Nowadays, as the application of network technology becomes popular, people can share data with friends over the ubiquitous networks. Take the web photo album for example, one can upload photos to be shared with others to a network server and anyone who is interested in the photos can appoint and see the photos. To see a photo, the image display system may need to transmit, decode, and display the photo file. The approaches for displaying photos in the web photo album can be displaying a photo that is individually appointed one at a time or displaying photos that are appointed as a group one after another. When the photos on the network server are sequentially displayed, observers can view the pictures more smoothly if the photos are displayed at an interval of a constant period such as every 5 seconds. However, it is quite frequent that the display delays for the reason that the transmission of the photo files takes too long time or the decoding of the photo files are too time-consuming.
Generally speaking, two main factors may influence image display on an image display system—one is the total processing time Ttotal of the images and the other is the quality of the images, and there is a trade-off between these two factors. When the total processing time Ttotal needs to be kept within a certain range such as a short, constant interval, the quality of the images may need to be degraded. For example, the files of the images are lossily compressed, the resolution of the images is reduced, or the parameters of the quality of the images are decreased. When the quality of the images needs to be maintained above a certain level, the total processing time of the images may need to be extended. For example, the transmitting time of large image files is increased, or the decoding time of high-quality images is prolonged. The total processing time Ttotal of an image includes image transmitting time Tt, image decoding time Td and image display time Tr. The image transmitting time Tt, from transmitting an image request till receiving an image, mainly comprises the time for transmitting a request over a network and the time for transmitting a reply image over the network, among which transmitting the reply image is the most time-consuming. When the bandwidth of the network has little variation during a short period or the network is a network with a quality of service (QoS), the most crucial factor for determining the image transmitting time Tt is the size of the image file. The image decoding time Td is a period needed for decoding the image before the image is displayed, and is corresponding to the size of the image file and the parameters of the image, e.g., formats, resolution, and compression parameters of the image. The image display time Tr is a period after the image is decoded till the image is displayed. When the total processing time Ttotal is calculated, the image display time Tr is so small, compared to the image transmitting time Tt and the image decoding time Td, that Tr can be neglected.
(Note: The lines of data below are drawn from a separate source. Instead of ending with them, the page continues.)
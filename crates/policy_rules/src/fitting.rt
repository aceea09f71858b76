//! Which networks attach a policy, and of which a rule speaks.
ghost use Rattle.std.specs.Prelude.{◌≡◌};
ghost use Rattle.policy_rules.specs.Related.{attaches, end_fits, fits};

use config_types::{End, Network, Policy, Rule};

/// Whether a network attaches a policy.
pub fn attaches(network: &Network, policy: &Policy) -> bool
    ensures { result ≡ attaches network.now policy.now }
{
    network
        .policies
        .as_slice()
        .iter()
        .any(|name| policy.name == *name)
}

/// Whether an end of a rule is this network, or any.
fn end_fits(end: &End, network: &Network) -> bool
    ensures { result ≡ end_fits end.now network.now }
{
    match end {
        End::Any => true,
        End::Named(name) => *name == network.name,
    }
}

/// Whether a rule speaks of packets from one network to another.
pub fn fits(rule: &Rule, from: &Network, to: &Network) -> bool
    ensures { result ≡ fits rule.now from.now to.now }
{
    end_fits(&rule.source, from) && end_fits(&rule.destination, to)
}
FIG. 1 and FIG. 2 show the timing diagrams of two conventional methods for displaying images at a constant interval. FIG. 1 shows a method using a single buffer, and FIG. 2 shows a method using double buffers. In FIG. 1, TdN represents the decoding time of the Nth image, TtN represents the transmitting time of the Nth image, and tN represents the display time point of the Nth image. Displaying images at a constant interval means that the display time point of a current image is expected to equal to the summation of the display time point of the previous image and the constant interval. Referring to FIG. 1, the summation of Tt1 and Td1 is smaller than the constant interval. That is, the transmitting time of image 1 added to the decoding time of image 1 is smaller than a predetermined constant interval, so that image 1 can be displayed at the intended display time point t1 of the image. On the contrary, the summation of Tt2 and Td2 is greater than the constant interval. That is, the transmitting time of image 2 added to the decoding time of image 2 is greater than the predetermined constant interval, so that image 2 cannot help but be displayed after the intended display time point of the image. In FIG. 2, two buffers are applied to simultaneously transmit and decode images by overlapping transmitting time and decoding time in parallel, so as to increase the efficiency of the image display system. Symbols TdN, TtN and tN in FIG. 2 are the same of those of FIG. 1, and they shall not be further described for brevity. Referring to FIG. 2, while image 0 is decoded on buffer 0, image 1 is concurrently transmitted to buffer 1. Similarly, while image 1 is decoded on buffer 1, image 2 is simultaneously transmitted to buffer 0. The method in FIG. 2 has better throughput than the method in FIG. 1; however, an additional buffer is needed for the method in FIG. 2. Furthermore, regardless of which of the methods in FIG. 1 or FIG. 2 is applied, when transmission or decoding of the image files gets too time-consuming, a result that the display time of an image exceeds a predetermined display time point is incurred. Therefore, it is an important subject of current image display field to provide a design capable of displaying images at a constant interval.